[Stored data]
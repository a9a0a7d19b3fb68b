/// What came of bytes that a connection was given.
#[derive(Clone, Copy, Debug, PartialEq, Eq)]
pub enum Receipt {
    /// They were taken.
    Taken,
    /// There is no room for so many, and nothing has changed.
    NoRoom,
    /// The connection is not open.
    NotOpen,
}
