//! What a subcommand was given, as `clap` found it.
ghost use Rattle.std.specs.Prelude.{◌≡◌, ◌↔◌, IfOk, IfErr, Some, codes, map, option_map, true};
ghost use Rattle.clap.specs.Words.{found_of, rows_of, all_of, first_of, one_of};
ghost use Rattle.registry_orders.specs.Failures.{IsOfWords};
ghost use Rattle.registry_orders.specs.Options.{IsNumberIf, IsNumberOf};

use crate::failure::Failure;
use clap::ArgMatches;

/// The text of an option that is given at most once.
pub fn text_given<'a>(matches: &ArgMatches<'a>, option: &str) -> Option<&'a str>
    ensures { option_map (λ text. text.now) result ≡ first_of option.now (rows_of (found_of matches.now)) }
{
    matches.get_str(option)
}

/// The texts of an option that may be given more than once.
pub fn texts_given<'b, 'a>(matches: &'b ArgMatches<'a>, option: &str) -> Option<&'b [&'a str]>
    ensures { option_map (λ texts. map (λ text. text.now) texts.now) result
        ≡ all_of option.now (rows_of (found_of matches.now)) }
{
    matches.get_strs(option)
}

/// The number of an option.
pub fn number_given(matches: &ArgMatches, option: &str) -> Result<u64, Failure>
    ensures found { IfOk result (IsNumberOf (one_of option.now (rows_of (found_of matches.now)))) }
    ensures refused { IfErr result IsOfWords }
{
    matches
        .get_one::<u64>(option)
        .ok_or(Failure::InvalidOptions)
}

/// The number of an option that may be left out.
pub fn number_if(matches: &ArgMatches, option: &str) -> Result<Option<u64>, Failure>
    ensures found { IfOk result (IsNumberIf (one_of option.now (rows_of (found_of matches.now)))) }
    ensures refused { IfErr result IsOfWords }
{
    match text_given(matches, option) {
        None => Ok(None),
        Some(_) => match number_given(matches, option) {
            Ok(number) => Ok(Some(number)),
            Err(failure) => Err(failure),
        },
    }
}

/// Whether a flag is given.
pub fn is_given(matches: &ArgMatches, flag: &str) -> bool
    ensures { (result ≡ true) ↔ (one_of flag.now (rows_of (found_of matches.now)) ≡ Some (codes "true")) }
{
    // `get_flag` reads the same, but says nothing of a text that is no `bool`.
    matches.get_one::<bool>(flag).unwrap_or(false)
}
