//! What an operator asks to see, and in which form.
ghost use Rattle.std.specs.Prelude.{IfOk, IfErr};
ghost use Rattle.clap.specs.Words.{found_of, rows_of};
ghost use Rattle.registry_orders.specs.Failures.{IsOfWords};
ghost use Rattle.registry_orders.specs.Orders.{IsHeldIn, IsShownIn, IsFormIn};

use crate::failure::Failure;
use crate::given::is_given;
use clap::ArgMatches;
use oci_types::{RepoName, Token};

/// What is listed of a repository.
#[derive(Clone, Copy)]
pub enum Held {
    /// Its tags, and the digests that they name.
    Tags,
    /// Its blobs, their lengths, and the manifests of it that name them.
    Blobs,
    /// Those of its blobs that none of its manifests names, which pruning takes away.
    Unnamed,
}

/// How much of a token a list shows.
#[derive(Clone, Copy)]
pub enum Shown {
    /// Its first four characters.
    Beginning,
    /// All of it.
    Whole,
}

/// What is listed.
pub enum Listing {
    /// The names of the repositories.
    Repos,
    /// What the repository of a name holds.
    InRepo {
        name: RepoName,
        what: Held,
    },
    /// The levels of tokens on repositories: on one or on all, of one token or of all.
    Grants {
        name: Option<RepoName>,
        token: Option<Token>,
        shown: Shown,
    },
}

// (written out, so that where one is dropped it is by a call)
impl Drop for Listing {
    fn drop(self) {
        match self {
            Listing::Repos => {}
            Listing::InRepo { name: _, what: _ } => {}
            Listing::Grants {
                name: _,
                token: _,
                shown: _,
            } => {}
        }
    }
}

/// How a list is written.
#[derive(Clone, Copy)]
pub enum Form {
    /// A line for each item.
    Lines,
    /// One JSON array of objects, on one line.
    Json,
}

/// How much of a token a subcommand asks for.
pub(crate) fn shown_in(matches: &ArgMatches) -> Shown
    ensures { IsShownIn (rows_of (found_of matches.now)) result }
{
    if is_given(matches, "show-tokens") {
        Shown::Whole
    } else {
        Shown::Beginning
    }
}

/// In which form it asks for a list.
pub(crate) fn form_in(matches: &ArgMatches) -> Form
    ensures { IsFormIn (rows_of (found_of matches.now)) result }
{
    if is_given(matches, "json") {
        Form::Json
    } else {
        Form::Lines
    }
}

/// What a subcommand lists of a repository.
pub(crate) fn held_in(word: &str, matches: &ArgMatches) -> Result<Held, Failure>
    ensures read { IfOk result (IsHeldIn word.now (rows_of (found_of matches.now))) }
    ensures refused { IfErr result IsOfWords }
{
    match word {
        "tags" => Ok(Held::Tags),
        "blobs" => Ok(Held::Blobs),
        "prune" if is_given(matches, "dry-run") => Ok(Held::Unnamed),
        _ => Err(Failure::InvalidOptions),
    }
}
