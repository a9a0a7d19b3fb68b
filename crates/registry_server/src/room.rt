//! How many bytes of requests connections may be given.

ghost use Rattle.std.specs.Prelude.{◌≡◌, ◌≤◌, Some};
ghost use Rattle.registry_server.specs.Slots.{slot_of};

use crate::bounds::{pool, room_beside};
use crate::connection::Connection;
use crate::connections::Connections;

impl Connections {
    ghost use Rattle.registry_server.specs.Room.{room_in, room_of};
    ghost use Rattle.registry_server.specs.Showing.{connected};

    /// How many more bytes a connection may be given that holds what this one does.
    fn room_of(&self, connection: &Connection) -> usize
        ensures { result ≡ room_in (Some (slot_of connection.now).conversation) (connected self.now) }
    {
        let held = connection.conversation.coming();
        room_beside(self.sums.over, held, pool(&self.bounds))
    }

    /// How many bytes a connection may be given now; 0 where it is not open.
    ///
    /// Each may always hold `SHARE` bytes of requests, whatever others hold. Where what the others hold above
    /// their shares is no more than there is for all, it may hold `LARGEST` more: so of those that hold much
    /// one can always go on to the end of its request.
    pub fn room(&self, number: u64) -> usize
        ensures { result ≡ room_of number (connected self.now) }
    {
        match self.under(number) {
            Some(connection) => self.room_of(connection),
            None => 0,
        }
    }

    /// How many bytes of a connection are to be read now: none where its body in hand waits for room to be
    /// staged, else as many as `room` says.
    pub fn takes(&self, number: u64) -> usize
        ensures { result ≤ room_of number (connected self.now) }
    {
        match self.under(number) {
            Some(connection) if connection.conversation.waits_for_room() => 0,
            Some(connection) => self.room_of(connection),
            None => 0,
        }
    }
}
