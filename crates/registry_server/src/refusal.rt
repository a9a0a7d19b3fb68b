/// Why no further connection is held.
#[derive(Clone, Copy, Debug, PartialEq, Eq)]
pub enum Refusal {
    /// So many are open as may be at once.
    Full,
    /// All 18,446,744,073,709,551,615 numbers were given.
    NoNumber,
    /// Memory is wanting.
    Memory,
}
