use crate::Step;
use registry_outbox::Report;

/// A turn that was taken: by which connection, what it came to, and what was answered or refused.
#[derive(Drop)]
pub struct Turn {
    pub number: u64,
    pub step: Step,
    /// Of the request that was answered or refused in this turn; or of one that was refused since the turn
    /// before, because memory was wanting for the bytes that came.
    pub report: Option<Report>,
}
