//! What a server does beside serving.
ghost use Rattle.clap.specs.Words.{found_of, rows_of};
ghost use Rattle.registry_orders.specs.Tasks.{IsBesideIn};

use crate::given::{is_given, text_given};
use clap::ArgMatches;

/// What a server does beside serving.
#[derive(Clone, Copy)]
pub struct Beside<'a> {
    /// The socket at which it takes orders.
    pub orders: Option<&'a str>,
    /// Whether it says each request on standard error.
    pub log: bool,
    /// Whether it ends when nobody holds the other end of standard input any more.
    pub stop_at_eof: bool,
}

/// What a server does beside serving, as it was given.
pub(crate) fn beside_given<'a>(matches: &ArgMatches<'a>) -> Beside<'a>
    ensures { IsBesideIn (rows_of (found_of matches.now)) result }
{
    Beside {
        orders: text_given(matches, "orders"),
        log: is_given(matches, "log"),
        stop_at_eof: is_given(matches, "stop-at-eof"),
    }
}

▶ _Task details_
Return all lines above that mention the word "pool".

▶ _Answer space_
use crate::bounds::{pool, room_beside};
        room_beside(self.sums.over, held, pool(&self.bounds))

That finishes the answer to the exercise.